▶ Input material
◇ ◇ ◇ ◇ ◇ ◇ ◇

//! Rules 15 and 16: what the entries of an exception table ask of an instruction in their ranges.

ghost use Rattle.std.specs.Prelude.{◌≡◌, ◌∷◌, [], codes, IfOk, option_copied};
ghost use Rattle.std.specs.Option.{option_map};
ghost use Rattle.std.specs.List.{list_all, list_any};
ghost use Rattle.kilim_program.specs.Fits.{is_named};
ghost use Rattle.kilim_type_spec.specs.Typed.{caught_type, catch_fits, covers, declared, frame_types, is_throwable};
ghost use Rattle.kilim_type_spec.specs.Faults.{caught_flows, handler_rule, rule_15, rule_16};

use crate::flows::caught_into;
use crate::place::{fails_unless, lesser};
use kilim_program::lookups::{class_at, class_named, line_of};
use kilim_program::{ClassId, Frame, Handler, Method, Program, VType};
use kilim_type_step::{State, class_vtype, declared_at};
use kilim_units::NoMemory;
use std::alloc::Global;

// The rules, by their numbers.
const NO_HANDLER: u8 = 15;

const NO_CATCH: u8 = 16;

fn covers(handler: &Handler, at: u32) -> bool
    ensures { result ≡ covers handler.now at }
{
    handler.start <= at && at < handler.end
}

// What an entry catches, as a type. Want of memory comes only where there are too many classes.
fn caught_type(program: &Program, catch: Option<ClassId>) -> Result<VType, NoMemory>
    ensures { IfOk result (λ t. t ≡ caught_type program.now catch) }
{
    if let Some(class) = catch {
        return Ok(class_vtype(class));
    }
    match class_named(program, b"java/lang/Throwable") {
        Ok(Some(class)) => Ok(class_vtype(class)),
        Ok(None) => Ok(VType::Null),
        Err(NoMemory) => Err(NoMemory),
    }
}

fn is_throwable_itself(program: &Program, class: ClassId) -> bool
    ensures { result ≡ is_named program.now (codes "java/lang/Throwable") class }
{
    match class_at(program, class) {
        Some(found) => found.name.is_text(b"java/lang/Throwable"),
        None => false,
    }
}

fn any_throwable(program: &Program, line: &[ClassId]) -> bool
    ensures { result ≡ list_any (is_named program.now (codes "java/lang/Throwable")) line.now }
{
    for class in line {
        if is_throwable_itself(program, *class) {
            return true;
        }
    }
    false
}

// Whether what an entry catches can be thrown.
fn catch_fits(alloc: Global, program: &Program, catch: Option<ClassId>) -> Result<bool, NoMemory>
    ensures { IfOk result (λ fits. fits ≡ catch_fits program.now catch) }
{
    let Some(class) = catch else {
        return Ok(true);
    };
    let Ok(line) = line_of(alloc, program, class) else {
        return Err(NoMemory);
    };
    Ok(any_throwable(program, &line))
}

// Whether what is caught, alone on the stack, flows into a declared frame.
fn flows_to_frame(program: &Program, state: &State, caught: VType, frame: Option<&Frame>) -> bool
    ensures { (h : Handler) → caught ≡ caught_type program.now h.catch → result ≡ caught_flows program.now state.now h (option_map frame_types (option_copied frame.entry)) }
{
    match frame {
        Some(frame) => caught_into(program, state, caught, frame),
        None => false,
    }
}

fn holds_15(
    program: &Program,
    method: &Method,
    at: u32,
    state: &State,
    handler: &Handler,
) -> Result<bool, NoMemory>
    ensures { IfOk result (λ holds. holds ≡ rule_15 program.now method.now at state.now handler.now) }
{
    if !covers(handler, at) {
        return Ok(true);
    }
    let Ok(caught) = caught_type(program, handler.catch) else {
        return Err(NoMemory);
    };
    let frame = declared_at(method, handler.at);
    Ok(flows_to_frame(program, state, caught, frame))
}

fn holds_16(
    alloc: Global,
    program: &Program,
    at: u32,
    state: &State,
    handler: &Handler,
) -> Result<bool, NoMemory>
    ensures { IfOk result (λ holds. holds ≡ rule_16 program.now at state.now handler.now) }
{
    if covers(handler, at) && state.is_unset() {
        return Ok(false);
    }
    if handler.start != at {
        return Ok(true);
    }
    catch_fits(alloc, program, handler.catch)
}

fn all_15(
    program: &Program,
    method: &Method,
    at: u32,
    state: &State,
    handlers: &[Handler],
) -> Result<bool, NoMemory>
    ensures { IfOk result (λ holds. holds ≡ list_all (rule_15 program.now method.now at state.now) handlers.now) }
{
    for handler in handlers {
        let Ok(holds) = holds_15(program, method, at, state, handler) else {
            return Err(NoMemory);
        };
        if !holds {
            return Ok(false);
        }
    }
    Ok(true)
}

fn all_16(
    alloc: Global,
    program: &Program,
    at: u32,
    state: &State,
    handlers: &[Handler],
) -> Result<bool, NoMemory>
    ensures { IfOk result (λ holds. holds ≡ list_all (rule_16 program.now at state.now) handlers.now) }
{
    for handler in handlers {
        let Ok(holds) = holds_16(alloc, program, at, state, handler) else {
            return Err(NoMemory);
        };
        if !holds {
            return Ok(false);
        }
    }
    Ok(true)
}

/// The lesser of the rules 15 and 16 that fails at an instruction, under the frame there.
pub fn handler_rule(
    alloc: Global,
    program: &Program,
    method: &Method,
    at: u32,
    state: &State,
) -> Result<Option<u8>, NoMemory>
    ensures { IfOk result (λ rule. rule ≡ handler_rule program.now method.now at state.now) }
{
    let handlers = method.handlers.as_slice();
    let Ok(caught) = all_15(program, method, at, state, handlers) else {
        return Err(NoMemory);
    };
    let Ok(set) = all_16(alloc, program, at, state, handlers) else {
        return Err(NoMemory);
    };
    Ok(lesser(
        fails_unless(caught, NO_HANDLER),
        fails_unless(set, NO_CATCH),
    ))
}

◇ ◇ ◇ ◇ ◇ ◇ ◇

▶ Exercise
Scan the material above for the word "crate", and copy each line where it appears.

▶ Exercise result
use crate::flows::caught_into;
use crate::place::{fails_unless, lesser};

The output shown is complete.